Trustees of the Oxford University Press Group Pension Scheme have made a new allocation to stressed debt, an asset class that is best suited to "fleet of foot" pension funds, experts say.

The majority of stressed and distressed debt opportunities resides within middle-market companies; 69 per cent of all stressed high-yield issuances had a notional size of $500m (£371.9m) or less, according to 2016 data from Bloomberg and investment firm Paamco.

The £590.9m scheme has made a number of investment changes over the past few years, including an increase in liability hedging during 2016.

There is potential for more opportunities to come up as interest rates rise

James Trask, LCP

It also implemented a currency-hedging mandate – hedging a portion of the US dollar, euro and yen exposure within its global equity and alternatives portfolio. This left it less exposed to the effects of sterling’s appreciation or depreciation on the scheme’s overseas assets.

A niche investment

In addition to derisking, the scheme turned its attention to a new stressed debt mandate, allocating 4 per cent of its portfolio to the JLP Credit Opportunity Cayman Fund in 2016. The funds were sourced from the scheme’s broad bonds manager.

In an update to members, the trustees explained that the scheme “introduced a new allocation to a niche area of the US bond market investing in companies whose debt had been classified as stressed, as assets appeared significantly undervalued in this area”.

Barbara Saunders, managing director, solutions, at P-Solve, said: “This is not likely to become a mainstream asset class, as the market is not large enough.”

She explained that stressed debt is driven more by market mispricing and is unlikely to remain in a scheme’s portfolio for long.

“When the markets get nervous, the price of very low-rated bonds falls disproportionately,” she explained.

Stressed bonds differ from their 'distressed' counterparts, meaning they have not defaulted yet, but there is a higher likelihood that they will. If they avoid default, the returns are outsized, and this more than compensates for the bonds that do default, especially when the prices are very low, she added.

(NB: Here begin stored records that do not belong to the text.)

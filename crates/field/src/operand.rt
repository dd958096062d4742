ghost use Rattle.std.specs.Prelude.{◌≡◌};
ghost use Rattle.algebra.specs.Field.{read};

// An operand that is not below the size is read as zero.
pub(crate) fn operand(a: u8, size: u16) -> u8
    ensures { result ≡ read size a }
{
    if (a as u16) < size { a } else { 0 }
}
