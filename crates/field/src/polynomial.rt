// The value of a polynomial at a point: one routine for every field.
ghost use Rattle.std.specs.Prelude.{◌≡◌};
ghost use Rattle.algebra.specs.Polynomial.{value};

use crate::traits::Field;

// The value at the point of the polynomial with these coefficients, the constant first. By Horner's rule:
// from the last coefficient down, the sum so far times the point, and the coefficient.
pub fn value<F: Field>(field: &F, coefficients: &[u8], point: u8) -> u8
    ensures { result ≡ value (F.means field.now) coefficients.now point }
{
    coefficients.iter().rev().fold(
        0,
        |sum, coefficient| field.add(*coefficient, field.mul(point, sum)),
    )
}
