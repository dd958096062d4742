// The fields of 2^m elements: family 2. The bits of a code are the coefficients of a polynomial, bit 0 the constant.
ghost use Rattle.std.specs.Prelude.{◌≡◌, refl, ◌^◌, ◌<◌, T, Ok, Err};
ghost use Rattle.fault.specs.declared.Fault.TheVariants.{Field as Unlisted};
ghost use Rattle.algebra.specs.Listed.{is_exponent};
ghost use Rattle.algebra.specs.Binary.{binary, modulus, times, times_x};
ghost use Rattle.algebra.proofs.BinaryLaws.{binary_laws};

use crate::operand::operand;
use crate::traits::Field;
use fault::Fault;

// the polynomials by which products are reduced, from m = 2 on
const MODULI: [u16; 7] = [0x7, 0xB, 0x13, 0x25, 0x43, 0x89, 0x11D];

#[derive(Clone, Copy)]
pub struct BinaryField {
    m: u8,
    ghost listed: { T (is_exponent m) },
}

impl BinaryField {
    // The field of 2^m elements, where m is listed.
    pub fn new(m: u8) -> Result<BinaryField, Fault>
        ensures { elim result [ Ok f ↦ T (is_exponent m) × (f.m ≡ m) | Err e ↦ (T (is_exponent m) → ⊥) × (e ≡ Unlisted) ] }
    {
        if m >= 2 && m <= 8 {
            Ok(BinaryField { m })
        } else {
            Err(Fault::Field)
        }
    }
}

impl BinaryField {
    fn modulus(self) -> u16
        ensures value { result ≡ modulus self.m }
        ensures small { result < 2 ^ 9 }
    {
        MODULI[self.m as usize - 2]
    }

    // x times r, reduced by the modulus g.
    fn times_x(self, g: u16, r: u16) -> u16
        requires below { r < 2 ^ self.m }
        requires small { g < 2 ^ 9 }
        ensures { result ≡ times_x self.m g r }
    {
        (r * 2) ^ ((r >> (self.m - 1)) % 2 * g)
    }

    // The product of two codes below the size, from the highest bit of b down: x times what there is, and a where the bit is set.
    fn times_reduced(self, a: u8, b: u8) -> u8
        requires { a < 2 ^ self.m }
        ensures { result ≡ times self.m (modulus self.m) self.m a b }
    {
        let g = self.modulus();
        let mut r = 0u16;
        for i in (0..self.m).rev() {
            r = ((b >> i) % 2 * a) as u16 ^ self.times_x(g, r);
        }
        r as u8
    }
}

impl Field for BinaryField {
    const FAMILY: u8 = 2;

    ghost FAMILY = { 2 };

    ghost means = { λ f. binary f.m };

    ghost family = { λ f. refl };

    ghost lawful = { λ f. binary_laws f.m f.listed };

    fn family_number(&self) -> u8 {
        Self::FAMILY
    }

    fn size(&self) -> u16 {
        1 << self.m
    }

    fn add(&self, a: u8, b: u8) -> u8 {
        operand(a, self.size()) ^ operand(b, self.size())
    }

    fn sub(&self, a: u8, b: u8) -> u8 {
        self.add(a, b)
    }

    fn mul(&self, a: u8, b: u8) -> u8 {
        self.times_reduced(operand(a, self.size()), operand(b, self.size()))
    }
}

Nimble schemes more able to access opportunities

As banks are no longer able to take this kind of risk the opportunity has become available to pension schemes, and as providers of capital they can take advantage, Saunders noted.

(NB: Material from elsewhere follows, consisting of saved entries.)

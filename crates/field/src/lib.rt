// Finite fields by code: an element is a number below the size, 0 is zero and 1 is one.

#![tactic(auto)]

mod binary;
mod operand;
mod polynomial;
mod prime;
mod traits;

pub use binary::BinaryField;
pub use polynomial::value;
pub use prime::PrimeField;
pub use traits::Field;
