// The whole numbers modulo a listed prime: family 1.
ghost use Rattle.std.specs.Prelude.{◌≡◌, refl, T, Ok, Err};
ghost use Rattle.fault.specs.declared.Fault.TheVariants.{Field as Unlisted};
ghost use Rattle.algebra.specs.Listed.{is_prime_size};
ghost use Rattle.algebra.specs.Prime.{prime};
ghost use Rattle.algebra.proofs.Modular.{prime_laws};

use crate::operand::operand;
use crate::traits::Field;
use fault::Fault;

#[derive(Clone, Copy)]
pub struct PrimeField {
    p: u8,
    ghost listed: { T (is_prime_size p) },
}

impl PrimeField {
    // The whole numbers modulo p, where p is listed.
    pub fn new(p: u8) -> Result<PrimeField, Fault>
        ensures { elim result [ Ok f ↦ T (is_prime_size p) × (f.p ≡ p) | Err e ↦ (T (is_prime_size p) → ⊥) × (e ≡ Unlisted) ] }
    {
        match p {
            2 | 3 | 5 | 7 | 11 | 13 | 17 => Ok(PrimeField { p }),
            _ => Err(Fault::Field),
        }
    }
}

impl Field for PrimeField {
    const FAMILY: u8 = 1;

    ghost FAMILY = { 1 };

    ghost means = { λ f. prime f.p };

    ghost family = { λ f. refl };

    ghost lawful = { λ f. prime_laws f.p f.listed };

    fn family_number(&self) -> u8 {
        Self::FAMILY
    }

    fn size(&self) -> u16 {
        self.p as u16
    }

    fn add(&self, a: u8, b: u8) -> u8 {
        let p = self.size();
        ((operand(a, p) as u16 + operand(b, p) as u16) % p) as u8
    }

    fn sub(&self, a: u8, b: u8) -> u8 {
        let p = self.size();
        ((operand(a, p) as u16 + (p - operand(b, p) as u16)) % p) as u8
    }

    fn mul(&self, a: u8, b: u8) -> u8 {
        let p = self.size();
        ((operand(a, p) as u16 * operand(b, p) as u16) % p) as u8
    }
}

She said that stressed debt "will continue to be the preserve of funds that are more fleet of foot”.

Similarly, James Trask, investment partner at consulting firm LCP, noted that there are “funds out there with capital to deploy” and eager to invest in stressed debt when the opportunities arise.

Source: Oxford University Press Group Pension Scheme

He explained that when a company gets into trouble, a stressed-debt manager “would look to analyse that company, and if they feel that the stress is temporary and the company is going to recover, then there’s an opportunity there to buy the debt at cheap prices and wait for it to recover”.

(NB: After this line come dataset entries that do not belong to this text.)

/// Whether each half surely is of a slot of its own, also where that of this slot comes, at an index below 2^32.
fn still_once(halves: &[Option<HeldControl>], index: &[u32], once: bool, slot: usize) -> bool
    requires { once ≡ true → roster.Indexed halves.now index.now }
    ensures once { result ≡ true → (once ≡ true) × roster.Lacks halves.now slot }
    ensures few { result ≡ true → length halves.now < 2 ^ 32 }
{
    if !once {
        return false;
    }
    if halves.len() > u32::MAX as usize {
        return false;
    }
    match index_of(halves, index, once, slot) {
        None => true,
        Some(_) => false,
    }
}

/// Whether a control half stays on its slice.
pub fn stays(slots: &[SlotNumbers<'_>], half: &HeldControl) -> bool
    ensures { result ≡ control.stays (record { slots = slots.now; controls = []; datas = [] }) half.now }
{
    match half.until {
        None => true,
        Some(until) => applied_of(slots, half.slot) < until,
    }
}

/// The lower one of the index of a half that is done and another index.
fn earlier_done(
    slots: &[SlotNumbers<'_>],
    halves: &[Option<HeldControl>],
    first: usize,
    index: usize,
) -> usize
    requires { roster.FirstDone (record { slots = slots.now; controls = []; datas = [] }) halves.now first }
    ensures first { roster.FirstDone (record { slots = slots.now; controls = []; datas = [] }) halves.now result }
    ensures few { result ≤ first }
    ensures stays { roster.Stays (record { slots = slots.now; controls = []; datas = [] }) halves.now result index }
{
    if index >= first {
        return first;
    }
    match half_at(halves, index) {
        None => first,
        Some(half) => { if stays(slots, &half) { first } else { index } }
    }
}

/// The index of the first half that goes home, or how many indices there are.
fn first_done(slots: &[SlotNumbers<'_>], halves: &[Option<HeldControl>], called: &[usize]) -> usize
    requires { roster.OnlyCalled halves.now called.now }
    ensures first { roster.FirstDone (record { slots = slots.now; controls = []; datas = [] }) halves.now result }
    ensures place { control.place_done (record { slots = slots.now; controls = []; datas = [] })
        (roster.present halves.now) ≡ roster.place_at halves.now result }
{
    let mut first = halves.len();
    for index in called {
        first = earlier_done(slots, halves, first, *index);
    }
    first
}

Trask has not seen many pension fund allocations to stressed or distressed debt in recent years, particularly when it comes to European debt. Interest rates have been very low globally, so companies have not had too much trouble servicing their existing debt.

“It’s an area that pension schemes haven’t invested in much [recently]… but there is potential for more opportunities to come up as interest rates rise and more and more companies then struggle to service their debt,” he said.

What to look for in a stressed-debt manager

When seeking to invest in stressed debt, Trask said trustees must look for “patient deployment” in a fund manager.

He explained that one of the big risks when investing in the asset class is that the manager may not find any opportunities, or “worst of all… they feel compelled to put it into whatever comes up next”.

Chris Redmond, global head of credit and diversifying strategies at consultancy Willis Towers Watson, agreed. "There is limited supply of interesting stressed opportunities," he said.

In contrast, on the demand side, "a yield-starved investment community is willing and quick to jump on opportunities to earn higher yields" from stressed corporations. This creates "an unfavourable demand/supply dynamic", said Redmond.

Nevertheless, "there are likely a small number of skilled managers capable of delivering strong risk-adjusted [returns] in almost any environment", he added.

Redmond would typically expect schemes to fund an investment in stressed or distressed debt from their public equity and private markets portfolio. "In that context, stressed debt could be part of a move to improve diversification and thus reduce overall risk".

However, in general, he said that stressed debt would otherwise be viewed as a return-seeking investment.